▸ ASSIGNMENT: From the opening line of the records through the line bearing "trait of stores.", set down every line exactly.

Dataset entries
◆ ◆ ◆ ◆
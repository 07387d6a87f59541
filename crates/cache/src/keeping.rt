// Finding, writing and keeping answers.
ghost use Rattle.std.specs.Prelude.{◌≡◌, ℕ, ◌+◌, ◌-◌, ◌^◌, ◌≤◌, min, length, take, Some};
ghost use Rattle.cache.specs.Keeping.{evidence_of, kept_for, place_in, places, pushed};

use crate::kept::{Kept, PLACES};
use header::cell::Cell;

// The kept answer of a cell.
pub(crate) fn find(slots: &[Option<Kept>], cell: Cell) -> Option<Kept>
    ensures { (k s : ℕ) → evidence_of (place_in k s result) ≡ kept_for cell.row cell.col (places k s slots.now) }
{
    slots
        .iter()
        .flatten()
        .find(|kept| kept.cell == cell)
        .copied()
}

// Keeps an answer as the one that came last; what stood in the first place goes.
pub(crate) fn keep(slots: &mut [Option<Kept>; PLACES], v: Kept)
    ensures { slots.new ≡ pushed slots.old (Some v) }
{
    slots.rotate_left(1);
    slots[PLACES - 1] = Some(v);
}

impl Kept {
    // Writes the share and the path into the caller's two buffers, of the block's lengths, which are those of the trait of stores.
    pub(crate) fn write(&self, share: &mut [u8], path: &mut [u8])
        requires { (length share.old ≤ 512) × (length path.old ≤ 416) }
        ensures share { share.new ≡ take (length share.old) self.now.share }
        ensures path { path.new ≡ take (length path.old) self.now.path }
    {
        let n = share.len();
        let m = path.len();
        share.copy_from_slice(&self.share[..n]);
        path.copy_from_slice(&self.path[..m]);
    }
}

// Counts one more, up to the largest count.
pub(crate) fn one_more(count: &mut u64)
    ensures { count.new ≡ min (count.old + 1) (2 ^ 64 - 1) }
{
    *count = count.saturating_add(1);
}
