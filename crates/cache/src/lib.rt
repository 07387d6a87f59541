// The checking cache: a layer over any store that shows only what verifies under a header, and keeps the answers that came last.
#![tactic(auto)]

pub mod cache;
mod keeping;
pub mod kept;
◆ ◆ ◆ ◆
▸ EXERCISE SOLUTION:
repository 07387d6a87f59541
filename crates/cache/src/keeping.rt
// Finding, writing and keeping answers.
ghost use Rattle.std.specs.Prelude.{◌≡◌, ℕ, ◌+◌, ◌-◌, ◌^◌, ◌≤◌, min, length, take, Some};
ghost use Rattle.cache.specs.Keeping.{evidence_of, kept_for, place_in, places, pushed};

use crate::kept::{Kept, PLACES};
use header::cell::Cell;

// The kept answer of a cell.
pub(crate) fn find(slots: &[Option<Kept>], cell: Cell) -> Option<Kept>
    ensures { (k s : ℕ) → evidence_of (place_in k s result) ≡ kept_for cell.row cell.col (places k s slots.now) }
{
    slots
        .iter()
        .flatten()
        .find(|kept| kept.cell == cell)
        .copied()
}

// Keeps an answer as the one that came last; what stood in the first place goes.
pub(crate) fn keep(slots: &mut [Option<Kept>; PLACES], v: Kept)
    ensures { slots.new ≡ pushed slots.old (Some v) }
{
    slots.rotate_left(1);
    slots[PLACES - 1] = Some(v);
}

impl Kept {
    // Writes the share and the path into the caller's two buffers, of the block's lengths, which are those of the trait of stores.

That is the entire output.